The bench press is easily the most popular exercises in the gyms across America. In fact, whenever you tell somebody that you are into working out their next question is usually, “So, how much ya bench?”
As annoying as that question is, most guys still want to be able to say they can bench press some serious weight. Heck, I’m no different!
Needless to say, developing a big bench requires a lot of hard work and patience. Fortunately, we’ve outlined some of the basic principles that will help you get there in previous articles. However, with that said, there are some other techniques that I believe are worth noting that may help you get to your goal faster.
Here are my 5 tips for developing a stronger bench press:
1. Proper set up
This is probably the most important tip of all. You need to ensure that you are bench pressing with a correct set up. A correct set up in the bench press is the following:
- Feet flat on the floor
- Butt on the bench
- Tight arch in the lower back
- Shoulder blades/scapula pulled back together
- Comfortable full grip on the bar
This type of set up is important if you want to have a serious bench press because it aims to put your body in the most bio-mechanically advantageous position.
I see far too many guys in the gym bench pressing with their legs in the air, flat blacks, and no lower back arch support. This is not a recipe for a big bench!
2. Full body tension
One of the keys to a good bench press is having a stable platform from which to press from. This requires you to ensure that your entire body is tense and rigid as possible. As strange as it sounds, the bench press really is a full body lift. That’s why elite level bench pressers will tell you to keep your abs, glutes, and legs as tight and tensed as possible because doing so allows you to take advantage of leg drive to help you press more weight. Even the way you grip the bar is important. You should be gripping it like you are trying to crush the bar. Make sure everything is super tight. Remember, a tensed muscle is a stronger muscle.
3. Paused reps
In a previous article I discussed the benefits of doing paused squats. Well, believe it or not, similar benefits can obtained from performing paused bench presses. By pausing the bar on your chest for a brief moment before completing the concentric portion of the lift, you inhibit the body’s natural stretch reflex system. This, in turn, allows you to overload the muscles of the chest and shoulders more effectively which ultimately leads to a stronger bench press over time.
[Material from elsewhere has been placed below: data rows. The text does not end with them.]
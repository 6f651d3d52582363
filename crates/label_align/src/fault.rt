// Why rows don't meet.
ghost use Rattle.std.specs.Prelude.{◌≡◌};
ghost use Rattle.label_align.specs.declared.fault.AlignFault.TheVariants.{NoMemory as WantOfMemory};

use cell_core::{NoMemory, Tuple};

/// Why rows of two sides don't meet.
#[derive(Drop)]
pub enum AlignFault {
    /// A tuple stands more than once where each may stand once.
    DuplicateLabels(Tuple),
    /// There are more rows than a table may have, 2^26.
    TooLarge,
    /// Memory was refused.
    NoMemory,
}

impl From<NoMemory> for AlignFault {
    ghost from_gives = { λ _ fault. fault ≡ WantOfMemory };

    fn from(_: NoMemory) -> AlignFault {
        AlignFault::NoMemory
    }
}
In my experience most raw (i.e. non-equipped) bench pressers are weak coming off of the chest. In other words, most guys seem to struggle the most on the bench press when the bar has just come off of their chest (2-3 inches). Once they get past this “sticking point” most guys have no problem with the last ¼ of the lift (or the lockout). That’s precisely why I find paused bench presses so beneficial. Much like paused squats, they overload the key muscles of the exercise in the most difficult part of the movement, allowing you to become stronger so you can overcome the sticking point.
4. Speed sets
The purpose of speed sets (i.e. the dynamic method) is to enhance your explosive power, which is a key trait in any strength sport.
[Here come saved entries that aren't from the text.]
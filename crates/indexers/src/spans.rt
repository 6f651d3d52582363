// Rows at equal distances, as a list.
ghost use Rattle.std.specs.Prelude.{◌≡◌, ◌<◌, ◌^◌, IfOk};
ghost use Rattle.cell_core.specs.Grids.{AreRowsBelow, IsPlace, place_from};
ghost use Rattle.indexers.specs.Picks.{span_of};

use crate::keys::Picked;
use cell_core::{NoMemory, Places, Rows};
use std::alloc::Global;

// The place of a row among them.
fn place_of(rows: Rows, row: usize) -> usize
    requires place { IsPlace rows.start rows.step row }
    requires fits { place_from rows.start rows.step row < 2 ^ 64 }
    ensures { result ≡ place_from rows.start rows.step row }
{
    let distance = row * rows.step.unsigned_abs() as usize;
    if rows.step >= 0 {
        rows.start + distance
    } else {
        rows.start - distance
    }
}

// All rows of a slice, with the slice. The rows lie below a limit.
pub(crate) fn spanned(alloc: Global, rows: Rows, limit: usize) -> Result<Picked, NoMemory>
    requires { AreRowsBelow rows limit }
    ensures { IfOk result (λ picked. picked ≡ span_of rows) }
{
    let mut places = Places::new(alloc);
    for row in 0..rows.count {
        places.push(place_of(rows, row))?;
    }
    Ok(Picked {
        places,
        single: false,
        dropped: 0,
        span: Some(rows),
    })
}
For those who are not familiar with this method, it essentially involves training with submaximal weights with maximal speed. This usually means using 50% to 60% of your 1 rep max and doing multiple sets of single, doubles, and triples as fast and explosively as possible.
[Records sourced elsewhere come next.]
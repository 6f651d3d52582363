// Rows of groups, counted.
ghost use Rattle.std.specs.Prelude.{◌≡◌, ◌<◌, ◌+◌, ◌^◌, ℕ, true, List, length, map, slice_index_or, All, IfOk};
ghost use Rattle.cell_core.specs.declared.cell.Kind.TheVariants.{Int64};
ghost use Rattle.column_core.specs.cells.Cell.{datum, holds};
ghost use Rattle.column_core.specs.Moves.{IsPlaceOf};
ghost use Rattle.factorize.specs.group.Reductions.{count_cell, of_group, group_sizes, group_places};
ghost use Rattle.group_by.specs.Counted.{IsCounted, HaveCounted, AreNumbers};

use crate::cells::counted;
use cell_core::{Cell, Kind, NoMemory};
use column_core::Column;
use factorize::Groups;
use std::alloc::Global;

// Counts one more of a group, if there is one.
pub(crate) fn count_one(counts: &mut [usize], group: Option<usize>)
    requires below { IsPlaceOf (length counts.old) group }
    requires room { All (λ n. n + 1 < 2 ^ 64) counts.old }
    ensures { IsCounted group counts.old counts.new }
{
    if let Some(group) = group {
        counts[group] += 1;
    }
}

// These numbers as a column.
pub(crate) fn column_of_counts(alloc: Global, counts: &[usize]) -> Result<Column, NoMemory>
    ensures { IfOk result (λ c. AreNumbers c (λ texts. map count_cell counts.now)) }
{
    let mut column = Column::new(alloc, Kind::Int64);
    for count in counts {
        column.push(counted(*count))?;
    }
    Ok(column)
}

// Counts the rows of each group.
fn count_rows(counts: &mut [usize], groups: &Groups)
    requires size { length counts.old ≡ groups.now.count }
    requires zero { All (λ n. n ≡ 0) counts.old }
    ensures size { length counts.new ≡ groups.now.count }
    ensures counted { HaveCounted groups.now.codes groups.now.count counts.new }
{
    for row in 0..groups.rows() {
        count_one(counts, groups.code(row));
    }
}

// How many rows each group has.
#[tactic(auto, using(crate::proofs::Hints::places))]
pub(crate) fn sizes(alloc: Global, groups: &Groups) -> Result<Column, NoMemory>
    ensures { IfOk result (λ c. AreNumbers c (λ texts. (group_sizes groups.now).cells)) }
{
    let mut counts = vec![in alloc; 0usize; groups.count()]?;
    count_rows(&mut counts, groups);
    column_of_counts(alloc, &counts)
}

// How many rows of its group were counted; NA where there is no group.
fn place_of(counts: &[usize], group: Option<usize>) -> Cell
    requires { IsPlaceOf (length counts.now) group }
    ensures value { (texts : List (List ℕ)) → datum texts result
        ≡ of_group group (λ g. count_cell (slice_index_or counts.now g 0)) }
    ensures held { (texts : List (List ℕ)) → holds Int64 (datum texts result) ≡ true }
{
    match group {
        Some(group) => counted(counts[group]),
        None => Cell::Na,
    }
}

// The place of each row in its group, where no row is counted yet.
fn place_rows(alloc: Global, counts: &mut [usize], groups: &Groups) -> Result<Column, NoMemory>
    requires size { length counts.old ≡ groups.now.count }
    requires zero { All (λ n. n ≡ 0) counts.old }
    ensures { IfOk result (λ c. AreNumbers c (λ texts. (group_places groups.now).cells)) }
{
    let mut column = Column::new(alloc, Kind::Int64);
    for row in 0..groups.rows() {
        let group = groups.code(row);
        column.push(place_of(counts, group))?;
        count_one(counts, group);
    }
    Ok(column)
}

// The place of each row in its group, counted from 0; NA where it has none.
#[tactic(auto, using(crate::proofs::Hints::places))]
pub(crate) fn places(alloc: Global, groups: &Groups) -> Result<Column, NoMemory>
    ensures { IfOk result (λ c. AreNumbers c (λ texts. (group_places groups.now).cells)) }
{
    let mut counts = vec![in alloc; 0usize; groups.count()]?;
    place_rows(alloc, &mut counts, groups)
}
The key benefit of speed sets or dynamic work is that it trains the ability to achieve maximum force as quickly as possible after a muscular stretch (i.e. enhances explosiveness). This means that you will be able to bench press more weight over time because in the end a more explosive athlete is also a stronger athlete.
One of the most popular powerlifting programs out there – the Westside Barbell Conjugate Method – incorporates speed work into its system. I highly recommend guys look into this program if they are at all interested in using dynamic work to improve their bench press.
Louie Simmons (from Westside Barbell) explains some of the ins and outs of speed work and the bench press:
5. Strong lats
Believe it or not, but your lats actually play a role in how much you can bench press. That’s because having well developed and strong lat muscles allow you to maintain a stable position when you have your shoulder blades retracted together. In this case, the lats become a key stabilizer when you bring the bar down to your chest. That’s why some of the strongest bench pressers in the world recommend you incorporate db rows, pull-ups, and/or pull downs in order to help you build a stronger bench press. Hopefully this will cause you to think again if you have been skimping on your back development.
In this article I went over 5 techniques that can help you increase your strength in the bench press. These methods are hardly anything revolutionary or groundbreaking but they do work. In my opinion, the application of these methods coupled with some hard work and patience will no doubt improve your bench press numbers. But don’t just take my word for it, give them a shot and see for yourself!